I felt the bile rise from my stomach to my esophagus and I swallowed the saliva my mouth produced in anticipation of the imminent irritation. There wasn't time to deal with this one right now and I took a deep breath through my nose before I replied, feeling my nostrils flare as I took in the soothing oxygen and held it in my lungs for a three count.

"Excuse me for interrupting your work Officer, but Detective Price sent me down here for a catalog item from the case he's working on," I said with a convincing smile masking the rage behind my eyes.

"Hey, you speak English just like a Limey," he replied sitting up all of a sudden and taking notice of me. He got up from the stool that he was seated on and removed his spectacles, giving me a closer look.

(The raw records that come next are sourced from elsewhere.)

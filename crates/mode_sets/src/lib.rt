// The arrows of a mode as sets: set 256 × sign + t of a table has the heads of its arrows of that sign from tail t, set 512 + sign has
// their tails. An arrow whose ends and sign an earlier one has changes no answer and is passed over.
#![tactic(auto)]

ghost use Rattle.std.specs.Prelude.{◌≡◌, ◌+◌, ◌<◌, ◌≤◌, length};
ghost use Rattle.base.specs.Buffers.{written, zeros};
ghost use Rattle.mode_sets.specs.Mode.{own_arrows};
ghost use Rattle.mode_sets.specs.Steps.{Small, ModeSets, Took, heads_words};

use set_tables::{add, has};
use tables::Arrow;

// The words of the sets of a mode: a set for each sign and tail, and one for each sign.
const HEADS_WORDS: usize = 2056;

// The sets of a mode.
pub type Heads = [u64; HEADS_WORDS];

// Adds an arrow to the sets; false if its head is there already, from its tail and of its sign.
fn take_arrow(heads: &mut Heads, a: Arrow) -> bool
    requires { (a.tail < 256) × (a.head < 256) × (a.sign ≤ 1) }
    ensures { Took heads.old a result heads.new }
{
    let tail = usize::from(a.tail);
    let head = usize::from(a.head);
    let sign = usize::from(a.sign);
    if has(heads, 256 * sign + tail, head) {
        return false;
    }
    add(heads, 256 * sign + tail, head);
    add(heads, 512 + sign, tail);
    true
}

// Fills the sets of a mode, and writes the numbers of its arrows that repeat no earlier one, rising; answers how many.
// Kept: a lent buffer and a count, and a loop over numbers: there is no heap (fixed memory), and the number of an arrow is what is written.
pub fn take_mode(arrows: &[u16], mode: u16, own: &mut [u16], heads: &mut Heads) -> usize
    requires { Small arrows.now × (512 ≤ length own.old) × (heads.old ≡ zeros heads_words) }
    ensures value { result ≡ length (own_arrows arrows.now mode) }
    ensures own_after { own.new ≡ written (own_arrows arrows.now mode) own.old }
    ensures mode_sets { ModeSets arrows.now mode heads.new }
{
    let mut count = 0;
    for k in 0..arrows.len() / 4 {
        let a = Arrow::at(arrows, k);
        if a.mode == mode && take_arrow(heads, a) {
            own[count] = k as u16;
            count += 1;
        }
    }
    count
}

"I thought you was Chinese or something," he said with a big grin. I must have looked annoyed and I could see by his facial expression that he noticed it straight away.

"Hey, I didn't mean no disrespect or nothin, you just surprised me is all," the officer said with a believable amount of sincerity. He had no idea that he might have just saved his own life, and I smiled at him to put him at ease. I needed his help right now and didn't want to be delayed further.

"None taken, I'm sure," I said.

"I'm not Chinese by the way. Actually, I'm from Saigon originally, but was raised in Great Britain," I explained, not exactly sure why I had shared that bit of personal history with him, it was uncharacteristically impulsive of me? I would have to reconsider this bloke's fate now.

"No foolin? I was in Vietnam in 71', was you," he asked attempting to make small talk? It was a conversation I didn't want to have.

"I was a child in 1971, my family left after the fall of Saigon in 75' and we ended up in London with relatives," I answered. I felt more comfortable speaking with him about myself now, it was cathartic somehow. Not that it mattered what he heard anymore anyway, I was speaking to a dead man now.

"Is that right, that's terrific," he said in a jolly tone of voice. Apparently I had made a friend, how sad; I almost felt a twinge of regret.

"Yes, well if you don't mind I really must be getting back to Detective Price."

"Oh yeah, sorry, what was it he wanted again?"

"He said it would be in a small envelope with some kind of electronics inside."

"Was it from the Caesar's Palace shooting earlier today?"

"Yes, that's right."

The officer walked back to a desk behind him and sat down to access the computer system. He sat there mumbling for a couple of minutes then returned to the counter. He held up a finger and gestured for me to wait, reading the question that was on my face. He put on his specs back on and leafed through some sort of log book I reckoned. Ten seconds later he tapped his finger on a page and brought the book to where I stood waiting. He turned it so that I could read it through the cage wire.

"See right here, Detective Sgt. Price checked that item out at 7 o'clock this evening. We was still changing shifts when he came down so I wasn't here. Looks like an Officer Ngyuen signed it out for him. Hey, he's one of you guys ain't he," related the ill fated evidence room Officer, grinning for the last time in his miserable life.

"So it seems, thank you for your kindness," I replied, firing twice with the silenced Glock 19 that I had extracted from the uncomfortable holster around my waist while he spoke.

Two subsonic rounds entered the cheeky bloke's brain through his left eye. He slumped to the floor with a queer expression on his face, one of disbelief. I felt the twinge again, I was tiring of this adventure, and it was time for closure, perhaps a little vacation. Nha Trang would be nice this time of year. I do so enjoy the beaches and the mud baths. Yes, it is time for a short rest; I grow weary of the hunt. If fortune shines on me tonight, I will find all of my ducks swimming in the same barrel, inside this very building.